Lines with "filename" in the records below: say how many there are, and add nothing.

::::::::::

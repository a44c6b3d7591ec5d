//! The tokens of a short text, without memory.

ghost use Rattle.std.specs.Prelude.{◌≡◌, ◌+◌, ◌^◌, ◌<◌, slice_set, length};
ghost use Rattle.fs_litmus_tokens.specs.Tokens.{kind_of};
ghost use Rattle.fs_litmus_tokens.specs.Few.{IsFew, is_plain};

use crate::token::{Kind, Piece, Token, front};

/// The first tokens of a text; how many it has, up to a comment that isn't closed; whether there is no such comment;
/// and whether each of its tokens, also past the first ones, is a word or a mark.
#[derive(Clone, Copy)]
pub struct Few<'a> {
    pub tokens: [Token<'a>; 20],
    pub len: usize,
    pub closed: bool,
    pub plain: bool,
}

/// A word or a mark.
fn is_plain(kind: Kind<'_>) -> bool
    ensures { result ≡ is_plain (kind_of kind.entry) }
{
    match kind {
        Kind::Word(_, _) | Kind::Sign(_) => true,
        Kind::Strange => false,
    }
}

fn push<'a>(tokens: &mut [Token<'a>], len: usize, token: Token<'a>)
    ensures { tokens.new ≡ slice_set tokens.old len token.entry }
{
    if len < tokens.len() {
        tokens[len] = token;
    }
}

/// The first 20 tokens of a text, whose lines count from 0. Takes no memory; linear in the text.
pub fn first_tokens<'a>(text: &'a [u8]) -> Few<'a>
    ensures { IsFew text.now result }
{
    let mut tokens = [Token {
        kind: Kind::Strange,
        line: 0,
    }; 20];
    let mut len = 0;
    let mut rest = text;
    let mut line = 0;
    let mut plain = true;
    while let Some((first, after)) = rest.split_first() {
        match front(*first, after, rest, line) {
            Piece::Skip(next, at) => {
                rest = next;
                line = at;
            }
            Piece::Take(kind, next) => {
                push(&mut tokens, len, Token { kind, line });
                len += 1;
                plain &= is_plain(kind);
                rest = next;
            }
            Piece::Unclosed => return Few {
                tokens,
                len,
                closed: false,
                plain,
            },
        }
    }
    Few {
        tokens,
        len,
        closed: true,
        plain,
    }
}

::::::::::

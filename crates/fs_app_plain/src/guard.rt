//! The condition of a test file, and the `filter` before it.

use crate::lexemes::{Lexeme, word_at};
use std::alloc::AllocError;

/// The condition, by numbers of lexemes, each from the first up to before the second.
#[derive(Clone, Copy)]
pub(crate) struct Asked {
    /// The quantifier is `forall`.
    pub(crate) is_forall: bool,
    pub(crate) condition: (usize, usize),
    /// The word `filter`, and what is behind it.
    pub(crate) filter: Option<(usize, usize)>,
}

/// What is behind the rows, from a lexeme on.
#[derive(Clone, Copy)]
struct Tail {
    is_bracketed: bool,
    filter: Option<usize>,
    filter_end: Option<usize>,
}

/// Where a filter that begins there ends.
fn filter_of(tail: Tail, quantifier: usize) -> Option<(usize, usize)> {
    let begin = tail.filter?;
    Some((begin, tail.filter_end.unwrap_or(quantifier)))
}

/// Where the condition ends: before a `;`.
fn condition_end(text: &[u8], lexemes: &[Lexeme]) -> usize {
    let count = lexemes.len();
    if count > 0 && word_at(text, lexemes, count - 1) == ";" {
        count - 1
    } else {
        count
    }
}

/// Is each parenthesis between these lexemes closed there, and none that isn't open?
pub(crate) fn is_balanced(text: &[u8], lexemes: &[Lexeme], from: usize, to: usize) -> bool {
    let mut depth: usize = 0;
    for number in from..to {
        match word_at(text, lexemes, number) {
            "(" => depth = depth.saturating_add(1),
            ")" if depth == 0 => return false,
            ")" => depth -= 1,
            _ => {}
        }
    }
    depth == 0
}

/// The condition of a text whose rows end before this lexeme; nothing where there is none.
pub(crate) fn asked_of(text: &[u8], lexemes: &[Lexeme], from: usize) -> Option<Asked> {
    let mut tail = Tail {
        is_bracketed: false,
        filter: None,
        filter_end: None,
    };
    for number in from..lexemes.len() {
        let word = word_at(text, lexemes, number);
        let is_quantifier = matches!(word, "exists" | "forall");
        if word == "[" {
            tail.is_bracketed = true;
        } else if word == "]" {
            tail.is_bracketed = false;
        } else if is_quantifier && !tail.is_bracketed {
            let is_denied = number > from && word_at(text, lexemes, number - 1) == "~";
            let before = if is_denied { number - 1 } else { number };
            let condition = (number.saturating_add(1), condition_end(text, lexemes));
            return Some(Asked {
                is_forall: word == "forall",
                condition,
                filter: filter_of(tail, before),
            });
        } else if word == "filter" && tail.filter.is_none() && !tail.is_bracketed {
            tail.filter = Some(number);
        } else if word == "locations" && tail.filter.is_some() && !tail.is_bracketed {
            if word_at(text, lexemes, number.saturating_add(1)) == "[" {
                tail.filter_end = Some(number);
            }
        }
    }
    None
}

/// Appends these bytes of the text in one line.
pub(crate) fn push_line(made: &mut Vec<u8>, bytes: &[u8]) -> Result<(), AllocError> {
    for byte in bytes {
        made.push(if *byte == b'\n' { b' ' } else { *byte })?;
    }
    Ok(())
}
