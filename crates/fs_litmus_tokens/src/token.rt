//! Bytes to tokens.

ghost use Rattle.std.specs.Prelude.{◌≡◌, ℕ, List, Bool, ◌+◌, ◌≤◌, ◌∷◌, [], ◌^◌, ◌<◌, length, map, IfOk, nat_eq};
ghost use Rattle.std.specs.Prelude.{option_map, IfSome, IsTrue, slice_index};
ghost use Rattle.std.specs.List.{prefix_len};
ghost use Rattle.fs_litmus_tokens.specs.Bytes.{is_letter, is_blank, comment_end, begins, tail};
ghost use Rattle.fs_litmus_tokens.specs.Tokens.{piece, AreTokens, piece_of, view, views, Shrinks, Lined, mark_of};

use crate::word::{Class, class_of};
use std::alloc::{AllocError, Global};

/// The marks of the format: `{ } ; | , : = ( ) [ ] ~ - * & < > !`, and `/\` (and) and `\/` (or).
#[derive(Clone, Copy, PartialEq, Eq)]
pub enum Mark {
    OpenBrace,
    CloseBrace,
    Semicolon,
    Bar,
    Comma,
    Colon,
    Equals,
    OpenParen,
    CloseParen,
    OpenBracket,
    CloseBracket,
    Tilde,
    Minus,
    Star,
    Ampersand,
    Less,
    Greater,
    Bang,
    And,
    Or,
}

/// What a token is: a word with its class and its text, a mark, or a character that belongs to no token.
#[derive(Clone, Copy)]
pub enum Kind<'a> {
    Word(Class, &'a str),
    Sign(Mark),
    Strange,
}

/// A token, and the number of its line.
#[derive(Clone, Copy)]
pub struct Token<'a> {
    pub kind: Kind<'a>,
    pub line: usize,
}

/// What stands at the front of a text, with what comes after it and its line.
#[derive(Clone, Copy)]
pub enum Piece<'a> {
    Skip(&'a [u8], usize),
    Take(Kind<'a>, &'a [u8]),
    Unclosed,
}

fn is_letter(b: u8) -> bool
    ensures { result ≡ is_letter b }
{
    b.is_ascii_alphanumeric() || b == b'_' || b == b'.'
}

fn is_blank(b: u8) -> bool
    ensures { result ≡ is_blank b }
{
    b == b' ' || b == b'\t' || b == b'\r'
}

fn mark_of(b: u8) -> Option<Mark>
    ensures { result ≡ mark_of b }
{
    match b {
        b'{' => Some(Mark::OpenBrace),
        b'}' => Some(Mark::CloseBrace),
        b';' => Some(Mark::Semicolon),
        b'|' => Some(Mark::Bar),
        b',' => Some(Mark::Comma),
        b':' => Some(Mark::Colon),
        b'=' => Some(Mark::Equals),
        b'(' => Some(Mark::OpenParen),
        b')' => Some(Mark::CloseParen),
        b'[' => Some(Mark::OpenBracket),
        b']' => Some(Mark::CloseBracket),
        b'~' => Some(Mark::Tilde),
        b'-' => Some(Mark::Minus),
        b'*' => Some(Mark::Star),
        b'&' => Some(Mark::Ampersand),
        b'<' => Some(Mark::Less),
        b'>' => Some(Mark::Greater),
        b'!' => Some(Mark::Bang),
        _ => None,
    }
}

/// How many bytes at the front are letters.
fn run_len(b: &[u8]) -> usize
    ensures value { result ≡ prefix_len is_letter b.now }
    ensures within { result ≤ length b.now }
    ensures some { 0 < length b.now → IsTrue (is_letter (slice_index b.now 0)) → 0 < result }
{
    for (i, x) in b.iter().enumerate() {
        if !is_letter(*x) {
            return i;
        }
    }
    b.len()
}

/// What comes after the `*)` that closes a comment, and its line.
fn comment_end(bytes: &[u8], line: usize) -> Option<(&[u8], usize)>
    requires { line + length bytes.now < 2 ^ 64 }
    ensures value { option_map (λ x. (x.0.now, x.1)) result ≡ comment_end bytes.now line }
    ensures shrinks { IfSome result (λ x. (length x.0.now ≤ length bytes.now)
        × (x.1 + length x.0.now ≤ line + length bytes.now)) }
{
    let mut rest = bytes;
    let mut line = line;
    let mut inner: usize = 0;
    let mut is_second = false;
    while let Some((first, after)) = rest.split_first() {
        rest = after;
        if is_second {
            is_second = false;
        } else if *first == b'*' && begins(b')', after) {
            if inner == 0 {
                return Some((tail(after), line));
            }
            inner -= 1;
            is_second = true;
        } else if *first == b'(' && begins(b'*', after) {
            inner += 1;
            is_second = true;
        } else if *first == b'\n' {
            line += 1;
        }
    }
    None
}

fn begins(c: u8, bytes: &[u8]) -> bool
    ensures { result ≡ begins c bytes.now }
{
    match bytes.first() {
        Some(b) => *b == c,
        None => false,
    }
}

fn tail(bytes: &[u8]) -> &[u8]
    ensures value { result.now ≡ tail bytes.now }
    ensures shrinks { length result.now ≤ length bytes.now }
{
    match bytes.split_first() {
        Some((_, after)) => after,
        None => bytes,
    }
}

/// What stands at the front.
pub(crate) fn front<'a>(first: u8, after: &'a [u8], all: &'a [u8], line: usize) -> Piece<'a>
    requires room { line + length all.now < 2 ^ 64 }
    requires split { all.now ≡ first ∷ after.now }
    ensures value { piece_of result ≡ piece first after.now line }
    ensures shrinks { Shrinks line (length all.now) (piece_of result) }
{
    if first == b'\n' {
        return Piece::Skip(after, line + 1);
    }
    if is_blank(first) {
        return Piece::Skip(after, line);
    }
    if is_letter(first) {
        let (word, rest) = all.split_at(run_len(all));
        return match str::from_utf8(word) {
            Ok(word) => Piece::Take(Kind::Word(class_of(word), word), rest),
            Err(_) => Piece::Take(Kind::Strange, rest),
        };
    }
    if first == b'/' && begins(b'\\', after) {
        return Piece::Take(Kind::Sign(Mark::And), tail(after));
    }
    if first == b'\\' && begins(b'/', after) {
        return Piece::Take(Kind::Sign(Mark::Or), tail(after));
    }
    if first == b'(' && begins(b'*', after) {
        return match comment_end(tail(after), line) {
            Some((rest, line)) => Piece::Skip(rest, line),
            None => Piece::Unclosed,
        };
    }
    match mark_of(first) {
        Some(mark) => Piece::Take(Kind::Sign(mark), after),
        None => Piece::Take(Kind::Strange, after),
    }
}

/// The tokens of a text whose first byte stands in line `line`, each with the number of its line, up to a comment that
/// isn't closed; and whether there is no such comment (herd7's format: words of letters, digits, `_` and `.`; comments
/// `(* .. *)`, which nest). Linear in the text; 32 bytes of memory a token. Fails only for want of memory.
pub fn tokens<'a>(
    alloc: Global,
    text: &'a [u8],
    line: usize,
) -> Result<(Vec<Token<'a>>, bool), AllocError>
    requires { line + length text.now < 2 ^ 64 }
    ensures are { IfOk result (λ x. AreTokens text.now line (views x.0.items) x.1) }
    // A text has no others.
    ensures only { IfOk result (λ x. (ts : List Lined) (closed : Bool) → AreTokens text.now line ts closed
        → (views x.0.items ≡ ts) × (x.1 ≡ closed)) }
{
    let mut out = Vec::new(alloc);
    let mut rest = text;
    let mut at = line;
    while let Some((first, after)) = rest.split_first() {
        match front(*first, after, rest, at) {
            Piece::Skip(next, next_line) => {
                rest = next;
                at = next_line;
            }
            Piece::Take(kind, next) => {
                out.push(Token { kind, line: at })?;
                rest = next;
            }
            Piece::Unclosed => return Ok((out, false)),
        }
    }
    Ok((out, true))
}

::::::::::

● **Solution**
2